Some other flora that I have identified since last time:
– Goldenrod, growing copiously in the grasses around the pond’s edge
– True forget-me-not, interspersed occasionally in the pond grasses
– Mugwort, the dominating flora around the pond’s edge
– Arrowhead, in the shallows
– White pine, dominates the southern edge of the pond
There were several species of maple which I could not match to anything in the Audobon guide. With some more time I can most likely attribute them as well; perhaps deeper into the fall the color-changing foliage will provide some more answers. There was also a very tall (8-10’) grass or weed that had grown taller since my last visit that I was unable to find in the Audobon guide. It has bursts of small fluffy buds coming out at the top in clumps of three, with some errant grassy shoots all the way up the main stalk. Perhaps the internet will yield some results.

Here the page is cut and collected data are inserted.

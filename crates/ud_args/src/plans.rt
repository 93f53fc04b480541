//! The plan of a run, as set by the arguments of a command line.
//!
//! The settings record the flags as they were given: `-n` stays on beside `-b`. Rejected: settings
//! that are made consistent, which no caller could compare with the arguments.
//!
//! The arguments are read twice, by `input_of` before the file is opened and by `plan` inside
//! `tool`. Rejected: handing the plan to `tool`, where a caller could pass another one.

ghost use Rattle.std.specs.Prelude.{◌≡◌, [], List, Some, None, IsSome, IfOk, IfErr, IfSome, IfNone};
ghost use Rattle.std.specs.Prelude.{option_map};
ghost use Rattle.ud_cond.specs.CondViews.{argument_for};
ghost use Rattle.ud_model.specs.answer.CommandLine.{ParsedArg as GivenInWords, argument_in};
ghost use Rattle.ud_args.specs.ParsedArgs.{as_parsed, parsed_arg};
ghost use Rattle.ud_args.specs.ParsedSettings.{IsSetting, IsUsageOf, SetsSymbol};
ghost use Rattle.ud_args.specs.LeastSymbols.{least_argument};
ghost use Rattle.ud_args.specs.TreeWords.{unifdef_arg};
ghost use Rattle.ud_args.specs.Drafts.{AddsGiven, FailsAt};
ghost use Rattle.ud_args.specs.Plans.{PlanRepresents};

use crate::command_line::ParsedArg;
use crate::least::{LeastSymbol, least_symbol, least_value};
use crate::options::{Setting, parse_arg, with_flag};
use crate::usage::Usage;
use std::alloc::Global;
use std::marker::Model;
use ud_cond::{SymbolRow, Symbols};
use ud_model::Settings;

/// The plan of a run: the settings, the symbols and the operand of a command line.
#[derive(Drop)]
pub struct Plan {
    /// The settings, as given.
    settings: Settings,
    /// The table of symbols.
    symbols: Symbols,
    /// The operand's index among the arguments, counted from 0.
    operand: Option<usize>,
}

impl Model for Plan {
    ghost use Rattle.ud_args.specs.Plans.{PlanState};

    ghost Value = { PlanState };

    ghost view = { λ p. record {
      settings = p.settings;
      symbols = p.symbols;
      operand =
          p.operand;
    } };
}

impl Plan {
    ghost use Rattle.ud_args.specs.Plans.{with_unpadded};

    /// Returns the settings as given: `renumber` stays true with `blank`, and both with a listing.
    pub fn settings(&self) -> Settings
        ensures { result ≡ self.now.settings }
    {
        self.settings
    }

    /// Returns the table of symbols.
    pub fn symbols(&self) -> &Symbols
        ensures { result.now ≡ self.now.symbols }
    {
        &self.symbols
    }

    /// Returns the operand's index among the arguments, counted from 0; `None` if there is no
    /// operand.
    pub fn operand(&self) -> Option<usize>
        ensures { result ≡ self.now.operand }
    {
        self.operand
    }

    /// Returns the plan under which, if `unpadded`, no spaces replace the lost bytes of a keyword.
    pub fn with_unpadded(self, unpadded: bool) -> Plan
        ensures { result ≡ with_unpadded unpadded self }
    {
        let settings = Settings {
            unpadded,
            ..self.settings
        };
        Plan { settings, ..self }
    }
}

/// A plan in the making, from options and operands.
#[derive(Drop)]
pub(crate) struct PlanDraft {
    /// The allocator that memory comes from.
    alloc: Global,
    /// The settings so far.
    settings: Settings,
    /// A row for each option so far that sets a symbol, in order.
    rows: Vec<SymbolRow>,
    /// The operand's index among the arguments, counted from 0.
    operand: Option<usize>,
}

impl Model for PlanDraft {
    ghost use Rattle.ud_args.specs.Plans.{PlanState};

    ghost Value = { PlanState };

    ghost view = { λ p. record {
      settings = p.settings;
      symbols = p.rows.items;
      operand =
          p.operand;
    } };
}

impl PlanDraft {
    /// Returns a draft without arguments. Its symbols take memory from `alloc`.
    pub(crate) fn new(alloc: Global) -> PlanDraft
        ensures { PlanRepresents result [] }
    {
        PlanDraft {
            alloc,
            settings: Settings::default(),
            rows: Vec::new(alloc),
            operand: None,
        }
    }

    /// Adds the next option or operand.
    ///
    /// # Errors
    /// The fault of `given`. Or `OutOfMemory`, if `given` is valid and sets a symbol, and the
    /// allocation for it fails. The draft is then useless.
    pub(crate) fn apply(&mut self, given: ParsedArg<'_>) -> Result<(), Usage>
        ensures ok { AddsGiven (parsed_arg given.entry) self.old self.new result }
        ensures err { FailsAt (parsed_arg given.entry) self.old result }
    {
        let setting = parse_arg(given, self.operand.is_some())?;
        self.set(setting)
    }

    /// Adds the next option or operand of unifdef-tree(1), as `apply` adds one of unifdef(1).
    ///
    /// # Errors
    /// As `apply`.
    pub(crate) fn apply_in_tree(&mut self, given: ParsedArg<'_>) -> Result<(), Usage>
        ensures ok { AddsGiven (unifdef_arg (as_parsed given.entry)) self.old self.new result }
        ensures err { FailsAt (unifdef_arg (as_parsed given.entry)) self.old result }
    {
        match least_in(given) {
            Some(symbol) => self.apply_least(symbol),
            None => self.apply(given),
        }
    }

    /// Adds a symbol with its least value.
    ///
    /// # Errors
    /// `TooManyFiles` after an operand. `OutOfMemory` if an allocation fails.
    fn apply_least(&mut self, least: LeastSymbol<'_>) -> Result<(), Usage>
        ensures ok { (g : GivenInWords) → SetsSymbol g (least_argument least.entry) →
            AddsGiven g self.old self.new result }
        ensures err { (g : GivenInWords) → SetsSymbol g (least_argument least.entry) →
            FailsAt g self.old result }
    {
        if self.operand.is_some() {
            return Err(Usage::TooManyFiles);
        }
        let value = least_value(self.alloc, least.number)?;
        self.set_symbol(least.name, Some(value.as_slice()), false)
    }

    /// Adds a setting to the draft, which has no operand yet.
    ///
    /// # Errors
    /// `OutOfMemory` if an allocation for a symbol fails.
    fn set(&mut self, setting: Setting<'_>) -> Result<(), Usage>
        ensures ok { (g : GivenInWords) → self.old.operand ≡ None → IsSetting g setting.entry →
            AddsGiven g self.old self.new result }
        ensures err { (g : GivenInWords) → IsSetting g setting.entry →
            IfErr result (λ u. (u ≡ Usage.OutOfMemory) × IsSome (argument_in g)) }
    {
        match setting {
            Setting::Flag { letter } => {
                self.settings = with_flag(self.settings, letter);
                Ok(())
            }
            Setting::Mode { mode } => {
                self.settings.exit_mode = mode;
                Ok(())
            }
            Setting::Symbol { symbol } => {
                self.set_symbol(symbol.name, symbol.value, symbol.ignoring)
            }
            Setting::Operand { index, .. } => {
                self.operand = Some(index);
                Ok(())
            }
        }
    }

    /// Adds a symbol, which is undefined if `value` is `None`. The draft has no operand yet.
    ///
    /// # Errors
    /// `OutOfMemory` if an allocation fails.
    fn set_symbol(&mut self, name: &[u8], value: Option<&[u8]>, ignoring: bool) -> Result<(), Usage>
        ensures ok { (g : GivenInWords) → self.old.operand ≡ None → SetsSymbol g
            (argument_for name.now (option_map (λ v. v.now) value.entry) ignoring) →
            AddsGiven g self.old self.new result }
        ensures err { IfErr result (λ u. u ≡ Usage.OutOfMemory) }
    {
        let row = SymbolRow::of(self.alloc, name, value, ignoring)?;
        if self.rows.push(row).is_err() {
            return Err(Usage::OutOfMemory);
        }
        Ok(())
    }

    /// Returns the plan, with the table of all symbols.
    ///
    /// # Errors
    /// `OutOfMemory` if an allocation for the table fails.
    pub(crate) fn into_plan(self) -> Result<Plan, Usage>
        ensures ok { IfOk result (λ plan. (gs : List GivenInWords) → PlanRepresents self gs →
            PlanRepresents plan gs) }
        ensures err { (gs : List GivenInWords) → PlanRepresents self gs →
            IfErr result (IsUsageOf gs) }
    {
        Ok(Plan {
            settings: self.settings,
            symbols: Symbols::from_rows(self.alloc, self.rows)?,
            operand: self.operand,
        })
    }
}

/// Returns the symbol of an option that gives the least value of one.
fn least_in<'a>(given: ParsedArg<'a>) -> Option<LeastSymbol<'a>>
    ensures symbol { IfSome result (λ l. SetsSymbol (unifdef_arg (as_parsed given.entry))
        (least_argument l)) }
    ensures none { IfNone result (unifdef_arg (as_parsed given.entry) ≡ parsed_arg given.entry) }
{
    let ParsedArg::WithArgument {
        letter,
        argument,
        ..
    } = given
    else {
        return None;
    };
    least_symbol(letter, argument.as_bytes())
}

I was more aware today, also, of the topography surrounding Wall’s Pond. The pond itself is a mere football field away from the foot of Stone Hill, the major topographical landmark in the area, and one of the more prominent lookout spots in a town full of prominent lookout spots. The water level pond sits about 15 feet lower than the elevation of the parking lot (more or less even with the bottom of Stone Hill) and this makes for a rather steep embankment that runs all along the southern edge of the pond and about halfway up the western side.
The eastern edge of the pond, however, sports a much more gently sloping embankment that rises from the water’s edge about 5 feet (over a run of more than 30 feet) leveling off in the field that stretches around the eastern and northern sides of the pond. This slope continues around to the north, where, past the large maple and the bench, the pond-side field has it’s highest elevation – about even with the parking lot. To the east of this point, about 30 or 40 feet, is a downhill slope that culminates in the low point of the field, a trough, running about 100 feet from north to south and maybe 50 feet east to west, that about 5 feet lower in elevation than the water level of the pond. In terms of bodies of water, my experience has been exclusive to the inlets and harbors of Cape Cod, all tidal areas where even low points and hollows set well back from the beach hold a little water at high tide. It thus perplexes me that this point, which sets well below the water level of a sizeable pond just yards away, should not have standing water all the time. But, this is very clearly a different place with a different topography and I’m excited to get to know it even better.